(EXERCISE MATERIALS begins)

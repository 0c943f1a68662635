//! What the functions of arrays keep while they wait that look, search, or call a function for each element (15.4.4.10,
//! 15.4.4.14 to 15.4.4.22).
use jl_text::List;
use jl_value::{ObjId, Value};

/// Whether turns go up from an index to a length, or down to 0.
#[derive(Clone, Copy)]
pub enum Direction {
    Up,
    Down,
}

/// What goes through elements and calls a function for each.
#[derive(Clone, Copy)]
pub enum WalkFor {
    /// `every` and `some`, for which an answer that is false, or one that is true, is wanted (15.4.4.16, 15.4.4.17).
    Any { wanted: bool },
    /// `forEach` (15.4.4.18).
    ForEach,
    /// `map` (15.4.4.19).
    Map,
    /// `filter` (15.4.4.20).
    Filter,
    /// `reduce` and `reduceRight` (15.4.4.21, 15.4.4.22).
    Reduce { direction: Direction },
}

/// What the length of an array is asked for.
#[derive(Clone, Copy)]
pub enum LengthFor {
    /// `slice`, which has made its array (15.4.4.10).
    Slice { array: ObjId },
    /// `indexOf` and `lastIndexOf` (15.4.4.14, 15.4.4.15).
    Search { direction: Direction },
    /// One that calls a function for each element.
    Walk { purpose: WalkFor },
}

/// The object whose elements are gone through, its length as it was at first, the function that is called for each, and
/// the function's `this` (15.4.4.16, steps 1 to 5).
#[derive(Drop)]
pub struct Walk {
    pub object: ObjId,
    pub length: usize,
    pub function: ObjId,
    pub this: Value,
}

/// What is done with what the function gives, and what has been made of it so far.
#[derive(Drop)]
pub enum Task {
    /// An answer that is true, or one that is false, is wanted (15.4.4.16, 15.4.4.17).
    Any {
        wanted: bool,
    },
    /// Nothing is done with it (15.4.4.18).
    ForEach,
    /// The answers become the elements of a new array (15.4.4.19).
    Map {
        array: ObjId,
    },
    /// Elements with a true answer are added to a new array, the next of them at an index (15.4.4.20).
    Filter {
        array: ObjId,
        to: usize,
    },
    /// An answer is handed on to the next turn (15.4.4.21, 15.4.4.22).
    Reduce {
        so_far: Option<Value>,
        direction: Direction,
    },
}

/// What such a function has done so far. Where a turn begins, `at` is its index, or where turns go down one more than
/// its index.
#[derive(Drop)]
pub enum ArrayCallProgress {
    /// It waits for the length (15.4.4.10, step 3).
    Length {
        object: ObjId,
        args: List<Value>,
        purpose: LengthFor,
    },
    /// It waits for the length as a primitive value (15.4.4.10, step 4).
    LengthPrimitive {
        object: ObjId,
        args: List<Value>,
        purpose: LengthFor,
    },
    /// `slice` waits for its start as a primitive value (15.4.4.10, step 5).
    SliceStart {
        object: ObjId,
        array: ObjId,
        length: usize,
        end: Value,
    },
    /// `slice` waits for its end as a primitive value (15.4.4.10, step 7).
    SliceEnd {
        object: ObjId,
        array: ObjId,
        length: usize,
        start: usize,
    },
    /// A turn of `slice` begins, of so many (15.4.4.10, step 10).
    CopyTurn {
        object: ObjId,
        start: usize,
        array: ObjId,
        count: usize,
        at: usize,
    },
    /// `slice` waits for the element of a turn.
    CopyElement {
        object: ObjId,
        start: usize,
        array: ObjId,
        count: usize,
        index: usize,
    },
    /// A search waits for where it begins, as a primitive value (15.4.4.14, step 5).
    SearchFrom {
        object: ObjId,
        length: usize,
        sought: Value,
        direction: Direction,
    },
    /// A turn of a search begins (15.4.4.14, step 9).
    SearchTurn {
        object: ObjId,
        length: usize,
        sought: Value,
        direction: Direction,
        at: usize,
    },
    /// A search waits for the element at an index.
    SearchElement {
        object: ObjId,
        length: usize,
        sought: Value,
        direction: Direction,
        index: usize,
    },
    /// A turn begins, in which the function is called where there is an element (15.4.4.16, step 7).
    Turn {
        walk: Walk,
        task: Task,
        at: usize,
    },
    /// It waits for the element at an index.
    Element {
        walk: Walk,
        task: Task,
        index: usize,
    },
    /// It waits for what the function gives for an element.
    Answer {
        walk: Walk,
        task: Task,
        index: usize,
        element: Value,
    },
}
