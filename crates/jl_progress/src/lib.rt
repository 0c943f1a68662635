//! What builtins keep while they wait for a value (clause 15).
#![tactic(auto)]

mod array;
mod array_call;
mod error;
mod function;
mod global;
mod number;
mod object;
mod progress;
mod string;

pub use array::{
    AfterCopying, AfterMoving, AfterPutting, ArrayProgress, Copying, Joining, LengthFunction,
    Moving, Reading, Reversing, Splicing,
};
pub use array_call::{ArrayCallProgress, Direction, LengthFor, Task, Walk, WalkFor};
pub use error::ErrorProgress;
pub use function::FunctionProgress;
pub use global::{GlobalProgress, NumberTest};
pub use number::{Extreme, NumberFunction, NumberProgress};
pub use object::{DescriptorField, DescriptorUse, Integrity, NamedChange, ObjectProgress, OwnTest};
pub use progress::Progress;
pub use string::{Cut, Search, StringProgress, UnitForm};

(EXERCISE MATERIALS ends)

### WHAT IS REQUIRED:
Filter the entries above and return only the lines holding "which".

### SOLUTION TO THIS TASK:
    /// `every` and `some`, for which an answer that is false, or one that is true, is wanted (15.4.4.16, 15.4.4.17).
    /// `slice`, which has made its array (15.4.4.10).
    /// A turn begins, in which the function is called where there is an element (15.4.4.16, step 7).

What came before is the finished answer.